▸ Records shown
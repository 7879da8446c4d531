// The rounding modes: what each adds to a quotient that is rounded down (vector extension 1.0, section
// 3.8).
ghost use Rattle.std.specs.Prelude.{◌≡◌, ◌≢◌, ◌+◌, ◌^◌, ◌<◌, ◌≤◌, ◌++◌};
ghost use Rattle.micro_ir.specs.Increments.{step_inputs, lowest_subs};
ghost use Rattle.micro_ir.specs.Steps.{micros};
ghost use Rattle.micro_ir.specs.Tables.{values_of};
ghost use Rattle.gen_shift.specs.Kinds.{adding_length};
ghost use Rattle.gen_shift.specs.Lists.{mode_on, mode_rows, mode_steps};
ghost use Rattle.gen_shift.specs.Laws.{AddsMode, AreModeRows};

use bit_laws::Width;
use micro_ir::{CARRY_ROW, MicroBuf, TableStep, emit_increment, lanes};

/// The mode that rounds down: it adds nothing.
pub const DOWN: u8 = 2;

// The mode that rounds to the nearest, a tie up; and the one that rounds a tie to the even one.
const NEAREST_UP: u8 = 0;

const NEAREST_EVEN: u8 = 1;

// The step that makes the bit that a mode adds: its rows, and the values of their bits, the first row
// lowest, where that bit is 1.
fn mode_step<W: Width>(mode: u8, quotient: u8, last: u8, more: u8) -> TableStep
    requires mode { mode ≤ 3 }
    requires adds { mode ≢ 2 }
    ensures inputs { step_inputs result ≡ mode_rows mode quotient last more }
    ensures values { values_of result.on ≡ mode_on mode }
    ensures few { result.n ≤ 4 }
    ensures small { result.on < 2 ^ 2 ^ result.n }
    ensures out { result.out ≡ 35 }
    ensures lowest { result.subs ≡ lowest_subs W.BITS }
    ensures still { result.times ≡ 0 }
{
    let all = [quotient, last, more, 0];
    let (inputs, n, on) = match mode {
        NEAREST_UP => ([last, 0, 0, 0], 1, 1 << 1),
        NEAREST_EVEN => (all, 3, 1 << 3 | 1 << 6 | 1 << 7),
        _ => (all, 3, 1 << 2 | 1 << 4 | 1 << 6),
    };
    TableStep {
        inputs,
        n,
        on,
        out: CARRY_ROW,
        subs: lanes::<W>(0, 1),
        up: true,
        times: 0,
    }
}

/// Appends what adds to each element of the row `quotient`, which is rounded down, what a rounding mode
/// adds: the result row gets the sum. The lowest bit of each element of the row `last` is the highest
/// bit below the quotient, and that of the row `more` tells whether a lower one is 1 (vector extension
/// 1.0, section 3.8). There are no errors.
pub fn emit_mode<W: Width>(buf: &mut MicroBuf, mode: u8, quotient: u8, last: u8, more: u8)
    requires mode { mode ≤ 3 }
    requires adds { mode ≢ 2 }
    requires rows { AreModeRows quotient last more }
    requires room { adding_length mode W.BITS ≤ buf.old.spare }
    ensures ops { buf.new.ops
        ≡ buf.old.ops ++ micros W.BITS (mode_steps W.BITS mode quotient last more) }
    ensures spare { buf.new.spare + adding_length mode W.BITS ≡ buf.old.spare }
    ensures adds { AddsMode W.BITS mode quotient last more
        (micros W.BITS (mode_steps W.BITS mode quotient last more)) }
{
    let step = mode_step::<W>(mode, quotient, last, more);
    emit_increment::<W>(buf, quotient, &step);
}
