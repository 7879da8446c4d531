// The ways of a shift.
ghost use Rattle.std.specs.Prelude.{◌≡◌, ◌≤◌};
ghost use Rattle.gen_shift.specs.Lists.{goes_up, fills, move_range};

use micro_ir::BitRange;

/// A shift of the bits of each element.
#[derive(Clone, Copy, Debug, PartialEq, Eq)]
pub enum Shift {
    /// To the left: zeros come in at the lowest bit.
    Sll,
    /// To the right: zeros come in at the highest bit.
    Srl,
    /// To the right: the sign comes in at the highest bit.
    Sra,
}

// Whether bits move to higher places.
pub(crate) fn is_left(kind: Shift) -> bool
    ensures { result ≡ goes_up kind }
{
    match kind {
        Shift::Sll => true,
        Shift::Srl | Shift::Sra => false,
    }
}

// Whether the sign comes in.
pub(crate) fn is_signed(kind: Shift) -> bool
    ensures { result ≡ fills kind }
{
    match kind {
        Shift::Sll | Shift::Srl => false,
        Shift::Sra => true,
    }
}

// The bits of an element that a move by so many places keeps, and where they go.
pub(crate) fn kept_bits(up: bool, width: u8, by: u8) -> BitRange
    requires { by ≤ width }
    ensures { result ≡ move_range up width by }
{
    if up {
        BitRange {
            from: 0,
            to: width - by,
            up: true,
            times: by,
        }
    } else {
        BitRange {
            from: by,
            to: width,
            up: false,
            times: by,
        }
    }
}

▸ Problem to work on
Without any alteration, repeat each entry shown above.

▸ Answer to the exercise
repository 7879da8446c4d531
// The rounding modes: what each adds to a quotient that is rounded down (vector extension 1.0, section
// 3.8).
ghost use Rattle.std.specs.Prelude.{◌≡◌, ◌≢◌, ◌+◌, ◌^◌, ◌<◌, ◌≤◌, ◌++◌};
ghost use Rattle.micro_ir.specs.Increments.{step_inputs, lowest_subs};
ghost use Rattle.micro_ir.specs.Steps.{micros};
ghost use Rattle.micro_ir.specs.Tables.{values_of};
ghost use Rattle.gen_shift.specs.Kinds.{adding_length};
ghost use Rattle.gen_shift.specs.Lists.{mode_on, mode_rows, mode_steps};
ghost use Rattle.gen_shift.specs.Laws.{AddsMode, AreModeRows};

use bit_laws::Width;
use micro_ir::{CARRY_ROW, MicroBuf, TableStep, emit_increment, lanes};

/// The mode that rounds down: it adds nothing.
pub const DOWN: u8 = 2;

// The mode that rounds to the nearest, a tie up; and the one that rounds a tie to the even one.
const NEAREST_UP: u8 = 0;

const NEAREST_EVEN: u8 = 1;

// The step that makes the bit that a mode adds: its rows, and the values of their bits, the first row
// lowest, where that bit is 1.
fn mode_step<W: Width>(mode: u8, quotient: u8, last: u8, more: u8) -> TableStep
    requires mode { mode ≤ 3 }
    requires adds { mode ≢ 2 }
    ensures inputs { step_inputs result ≡ mode_rows mode quotient last more }
    ensures values { values_of result.on ≡ mode_on mode }
    ensures few { result.n ≤ 4 }
    ensures small { result.on < 2 ^ 2 ^ result.n }
    ensures out { result.out ≡ 35 }
    ensures lowest { result.subs ≡ lowest_subs W.BITS }
    ensures still { result.times ≡ 0 }
{
    let all = [quotient, last, more, 0];
    let (inputs, n, on) = match mode {
        NEAREST_UP => ([last, 0, 0, 0], 1, 1 << 1),
        NEAREST_EVEN => (all, 3, 1 << 3 | 1 << 6 | 1 << 7),
        _ => (all, 3, 1 << 2 | 1 << 4 | 1 << 6),
    };
    TableStep {
        inputs,
        n,
        on,
        out: CARRY_ROW,
        subs: lanes::<W>(0, 1),
        up: true,
        times: 0,
    }
}

/// Appends what adds to each element of the row `quotient`, which is rounded down, what a rounding mode
/// adds: the result row gets the sum. The lowest bit of each element of the row `last` is the highest
/// bit below the quotient, and that of the row `more` tells whether a lower one is 1 (vector extension
/// 1.0, section 3.8). There are no errors.
pub fn emit_mode<W: Width>(buf: &mut MicroBuf, mode: u8, quotient: u8, last: u8, more: u8)
    requires mode { mode ≤ 3 }
    requires adds { mode ≢ 2 }
    requires rows { AreModeRows quotient last more }
    requires room { adding_length mode W.BITS ≤ buf.old.spare }
    ensures ops { buf.new.ops
        ≡ buf.old.ops ++ micros W.BITS (mode_steps W.BITS mode quotient last more) }
    ensures spare { buf.new.spare + adding_length mode W.BITS ≡ buf.old.spare }
    ensures adds { AddsMode W.BITS mode quotient last more
        (micros W.BITS (mode_steps W.BITS mode quotient last more)) }
{
    let step = mode_step::<W>(mode, quotient, last, more);
    emit_increment::<W>(buf, quotient, &step);
}
repository 7879da8446c4d531
// The ways of a shift.
ghost use Rattle.std.specs.Prelude.{◌≡◌, ◌≤◌};
ghost use Rattle.gen_shift.specs.Lists.{goes_up, fills, move_range};

use micro_ir::BitRange;

/// A shift of the bits of each element.
#[derive(Clone, Copy, Debug, PartialEq, Eq)]
pub enum Shift {
    /// To the left: zeros come in at the lowest bit.
    Sll,
    /// To the right: zeros come in at the highest bit.
    Srl,
    /// To the right: the sign comes in at the highest bit.
    Sra,
}

// Whether bits move to higher places.
pub(crate) fn is_left(kind: Shift) -> bool
    ensures { result ≡ goes_up kind }
{
    match kind {
        Shift::Sll => true,
        Shift::Srl | Shift::Sra => false,
    }
}

// Whether the sign comes in.
pub(crate) fn is_signed(kind: Shift) -> bool
    ensures { result ≡ fills kind }
{
    match kind {
        Shift::Sll | Shift::Srl => false,
        Shift::Sra => true,
    }
}

// The bits of an element that a move by so many places keeps, and where they go.
pub(crate) fn kept_bits(up: bool, width: u8, by: u8) -> BitRange
    requires { by ≤ width }
    ensures { result ≡ move_range up width by }
{
    if up {
        BitRange {
            from: 0,
            to: width - by,
            up: true,
            times: by,
        }
    } else {
        BitRange {
            from: by,
            to: width,
            up: false,
            times: by,
        }
    }
}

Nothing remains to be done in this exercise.